Artificial Intelligence - foundations of computational agents -- 7.5.1.1 MAP Learning of Decision Trees

Third edition of Artificial Intelligence: foundations of computational agents, Cambridge University Press, 2023 is now available (including the full text).

7.5.1.1 MAP Learning of Decision Trees

To understand MAP learning, consider how it can be used to learn decision trees. If there are no examples with the same values for the input features and different values for the target features, there are always decision trees that fit the data perfectly. If the training examples do not cover all of the assignments to the input variables, multiple trees will fit the data perfectly. However, with noise, none of these may be the best model. Not only do we want to compare the models that fit the data perfectly; we also want to compare those models with the models that do not necessarily fit the data perfectly. MAP learning provides a way to compare these models.

Suppose there are multiple decision trees that accurately fit the data. If model denotes one of those decision trees, P(data|model)=1. The preference for one decision tree over another depends on the prior probabilities of the decision trees; the prior probability encodes the learning bias. The preference for simpler decision trees over more complicated decision trees occurs because simpler decision trees have a higher prior probability.

Bayes' rule gives a way to trade off simplicity and ability to handle noise. Decision trees can handle noisy data by having probabilities at the leaves. When there is noise, larger decision trees fit the training data better, because the tree can account for random regularities (noise) in the training data. In decision-tree learning, the likelihood favors bigger decision trees; the more complicated the tree, the better it can fit the data. The prior distribution can favor smaller decision trees. When there is a prior distribution over decision trees, Bayes' rule specifies how to trade off model complexity and accuracy: The posterior probability of the model given the data is proportional to the product of the likelihood and the prior.

Example 7.18: Consider the data of Figure 7.1, where the learner is to predict the user's actions.

One possible decision tree is the one given on the left of Figure 7.4. Call this decision tree d₂. The likelihood of the data is P(data|d₂)=1. That is, d₂ accurately fits the data.

Another possible decision tree is one with no internal nodes, and a leaf that says to predict reads with probability (1)/(2). This is the most likely tree with no internal nodes, given the data. Call this decision tree d₀. The likelihood of the data given this model is

P(data|d₀) = ((1)/(2))⁹ ×((1)/(2))⁹ approx 0.00000149.

Another possible decision tree is one on the right of Figure 7.4, which just splits on Length, and with probabilities on the leaves given by P(reads|Length=long)=0 and P(reads|Length=short)=(9)/(11). Note that (9)/(11) is the empirical frequency of reads among the training set with Length=short. Call this decision tree d_1a. The likelihood of the data given this model is

P(data|d_1a) = 1⁷ ×((9)/(11))⁹ ×((2)/(11))² approx 0.0543.

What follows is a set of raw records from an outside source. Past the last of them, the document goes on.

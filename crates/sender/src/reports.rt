// A report is built.

ghost use Rattle.std.specs.Prelude.{◌≡◌};
ghost use Rattle.sender.specs.Reports.{report_of, reported, built_of, built_as};

use crate::SenderState;
use refusals::questions::Questions;
use refusals::ranges::clock_ok;
use refusals::refusal::Refused;
use wire::sender_report::SenderReport;

impl SenderState {
    // The interval as a report says it.
    fn report(self) -> SenderReport
        ensures { result ≡ report_of self }
    {
        SenderReport {
            interval_start_counter: self.interval_start_counter,
            interval_end_counter: self.last_counter,
            interval_start_timestamp: self.interval_start_timestamp,
            interval_end_timestamp: self.last_timestamp,
            interval_bytes_sent: self.interval_bytes_sent,
            cumulative_packets_sent: self.cumulative_packets_sent,
            cumulative_bytes_sent: self.cumulative_bytes_sent,
        }
    }

    // The interval has ended: nothing sent yet in the next.
    fn reported(self, now_ms: u64) -> SenderState
        ensures { result ≡ reported self now_ms }
    {
        SenderState {
            interval_has_data: false,
            interval_bytes_sent: 0,
            has_last_report: true,
            last_report_ms: now_ms,
            ..self
        }
    }

    // A report ends the interval. No report where no frame has been sent since the last one.
    #[tactic(auto, unfolding(crate::specs::Reports::report_built, crate::specs::Reports::built_of, crate::specs::Reports::built, crate::specs::Reports::report_refusal, refusals::specs::Questions::first_no, refusals::specs::Questions::asked, refusals::specs::Answers::admitted, refusals::specs::Answers::settled_with))]
    pub fn build_report(
        self,
        now_ms: u64,
    ) -> Result<(SenderState, Option<SenderReport>), Refused<SenderState>>
        ensures { result ≡ built_as (built_of self now_ms) }
    {
        let mut q = Questions::all_yes();
        q.state = self.keeps_rule();
        q.clocks = clock_ok(now_ms);
        q.admit(self)?;
        if self.interval_has_data {
            Ok((self.reported(now_ms), Some(self.report())))
        } else {
            Ok((self, None))
        }
    }
}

Another possible decision tree is one that just splits on Thread, and with probabilities on the leaves given by P(reads|Thread=new)=(7)/(10) (as 7 out of the 10 examples with Thread=new have User Action=reads), and P(reads|Thread=follow Up)=(2)/(8). Call this decision tree d_1t. The likelihood of the data given d_1t is

P(data|d_1t) = ((7)/(10))⁷ ×((3)/(10))³ ×((6)/(8))⁶ ×((2)/(8))² approx 0.000025.

These are just four of the possible decision trees. Which is best depends on the prior on trees. The likelihood of the data is multiplied by the prior probability of the decision trees to determine the posterior probability of the decision tree.